▶ [ACTION ITEM]: Return only the lines from the top of the material through the line marked by "let found = search(rt.alloc(), &crossing, 0);", unaltered.

(Beginning of DATASET RECORDS)

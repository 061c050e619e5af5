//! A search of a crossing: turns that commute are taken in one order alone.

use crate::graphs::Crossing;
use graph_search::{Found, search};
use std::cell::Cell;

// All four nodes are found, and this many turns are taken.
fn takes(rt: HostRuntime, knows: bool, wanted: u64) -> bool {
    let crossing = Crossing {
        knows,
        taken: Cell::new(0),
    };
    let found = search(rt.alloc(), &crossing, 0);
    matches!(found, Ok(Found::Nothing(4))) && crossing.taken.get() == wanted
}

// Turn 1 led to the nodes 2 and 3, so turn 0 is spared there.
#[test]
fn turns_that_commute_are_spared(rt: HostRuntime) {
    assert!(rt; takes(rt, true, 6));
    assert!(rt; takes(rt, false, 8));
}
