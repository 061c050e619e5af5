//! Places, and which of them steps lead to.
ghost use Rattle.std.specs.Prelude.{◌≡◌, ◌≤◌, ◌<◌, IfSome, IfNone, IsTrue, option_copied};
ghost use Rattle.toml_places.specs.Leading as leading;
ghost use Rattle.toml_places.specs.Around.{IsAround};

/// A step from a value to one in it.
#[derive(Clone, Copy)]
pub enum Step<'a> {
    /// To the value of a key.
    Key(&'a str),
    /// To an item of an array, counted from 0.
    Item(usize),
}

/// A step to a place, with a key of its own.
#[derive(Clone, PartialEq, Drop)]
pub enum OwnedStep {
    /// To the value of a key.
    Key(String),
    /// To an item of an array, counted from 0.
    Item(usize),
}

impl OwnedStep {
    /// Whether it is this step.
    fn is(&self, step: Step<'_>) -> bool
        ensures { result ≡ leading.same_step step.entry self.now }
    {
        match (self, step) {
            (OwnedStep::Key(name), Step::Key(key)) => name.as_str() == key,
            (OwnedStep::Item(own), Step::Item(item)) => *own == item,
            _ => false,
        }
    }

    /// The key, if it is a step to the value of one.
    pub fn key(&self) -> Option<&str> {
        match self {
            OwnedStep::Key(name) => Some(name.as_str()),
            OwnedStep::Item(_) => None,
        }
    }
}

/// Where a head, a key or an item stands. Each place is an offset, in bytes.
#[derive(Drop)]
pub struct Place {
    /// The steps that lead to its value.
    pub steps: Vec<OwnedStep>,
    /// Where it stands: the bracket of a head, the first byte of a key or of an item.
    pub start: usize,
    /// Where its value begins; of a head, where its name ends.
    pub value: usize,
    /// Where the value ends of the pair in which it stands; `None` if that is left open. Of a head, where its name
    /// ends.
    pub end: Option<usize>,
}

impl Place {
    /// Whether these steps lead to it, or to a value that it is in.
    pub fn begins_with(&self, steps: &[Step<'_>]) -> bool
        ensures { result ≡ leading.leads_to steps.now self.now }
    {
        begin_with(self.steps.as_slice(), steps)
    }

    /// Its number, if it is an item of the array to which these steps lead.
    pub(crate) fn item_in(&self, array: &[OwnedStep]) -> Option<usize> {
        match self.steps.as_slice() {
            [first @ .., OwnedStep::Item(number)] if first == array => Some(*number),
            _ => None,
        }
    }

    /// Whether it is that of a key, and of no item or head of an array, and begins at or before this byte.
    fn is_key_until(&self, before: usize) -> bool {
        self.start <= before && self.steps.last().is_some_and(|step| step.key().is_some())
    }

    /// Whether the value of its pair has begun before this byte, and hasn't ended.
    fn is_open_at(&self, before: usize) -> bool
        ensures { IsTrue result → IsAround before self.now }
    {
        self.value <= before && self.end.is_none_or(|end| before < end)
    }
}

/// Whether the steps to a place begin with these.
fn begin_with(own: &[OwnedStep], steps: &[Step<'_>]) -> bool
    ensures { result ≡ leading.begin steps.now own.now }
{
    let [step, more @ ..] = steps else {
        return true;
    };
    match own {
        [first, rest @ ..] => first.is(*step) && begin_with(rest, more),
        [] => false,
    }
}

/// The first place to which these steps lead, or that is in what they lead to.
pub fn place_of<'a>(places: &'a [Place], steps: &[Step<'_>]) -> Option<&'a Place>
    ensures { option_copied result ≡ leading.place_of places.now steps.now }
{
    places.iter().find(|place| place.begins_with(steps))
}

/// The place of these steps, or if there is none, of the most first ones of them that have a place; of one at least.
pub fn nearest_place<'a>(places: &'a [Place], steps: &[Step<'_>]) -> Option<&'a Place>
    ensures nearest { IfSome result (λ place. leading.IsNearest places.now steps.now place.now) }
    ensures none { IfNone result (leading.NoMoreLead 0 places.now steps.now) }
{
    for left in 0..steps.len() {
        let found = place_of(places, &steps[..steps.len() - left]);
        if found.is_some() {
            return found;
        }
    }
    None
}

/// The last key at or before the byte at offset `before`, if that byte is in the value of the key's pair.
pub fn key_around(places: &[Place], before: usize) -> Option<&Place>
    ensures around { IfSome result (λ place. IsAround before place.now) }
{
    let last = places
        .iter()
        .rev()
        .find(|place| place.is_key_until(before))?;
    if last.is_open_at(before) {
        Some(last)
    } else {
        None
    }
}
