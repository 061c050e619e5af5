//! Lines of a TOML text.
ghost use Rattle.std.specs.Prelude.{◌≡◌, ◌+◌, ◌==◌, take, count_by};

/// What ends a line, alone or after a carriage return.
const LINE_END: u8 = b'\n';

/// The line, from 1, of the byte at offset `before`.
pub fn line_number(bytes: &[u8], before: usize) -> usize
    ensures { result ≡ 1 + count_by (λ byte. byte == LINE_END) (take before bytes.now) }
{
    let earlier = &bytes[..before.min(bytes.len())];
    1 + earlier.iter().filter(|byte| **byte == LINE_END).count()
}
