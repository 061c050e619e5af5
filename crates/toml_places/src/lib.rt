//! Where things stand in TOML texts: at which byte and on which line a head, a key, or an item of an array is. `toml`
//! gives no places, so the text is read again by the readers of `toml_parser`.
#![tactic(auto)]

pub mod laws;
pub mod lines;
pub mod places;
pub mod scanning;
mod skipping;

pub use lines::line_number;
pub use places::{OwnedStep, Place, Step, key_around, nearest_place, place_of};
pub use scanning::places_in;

(End of DATASET RECORDS)

▶ [EXERCISE ANSWER]:
repository 061c050e619e5af5
//! A search of a crossing: turns that commute are taken in one order alone.

use crate::graphs::Crossing;
use graph_search::{Found, search};
use std::cell::Cell;

// All four nodes are found, and this many turns are taken.
fn takes(rt: HostRuntime, knows: bool, wanted: u64) -> bool {
    let crossing = Crossing {
        knows,
        taken: Cell::new(0),
    };
    let found = search(rt.alloc(), &crossing, 0);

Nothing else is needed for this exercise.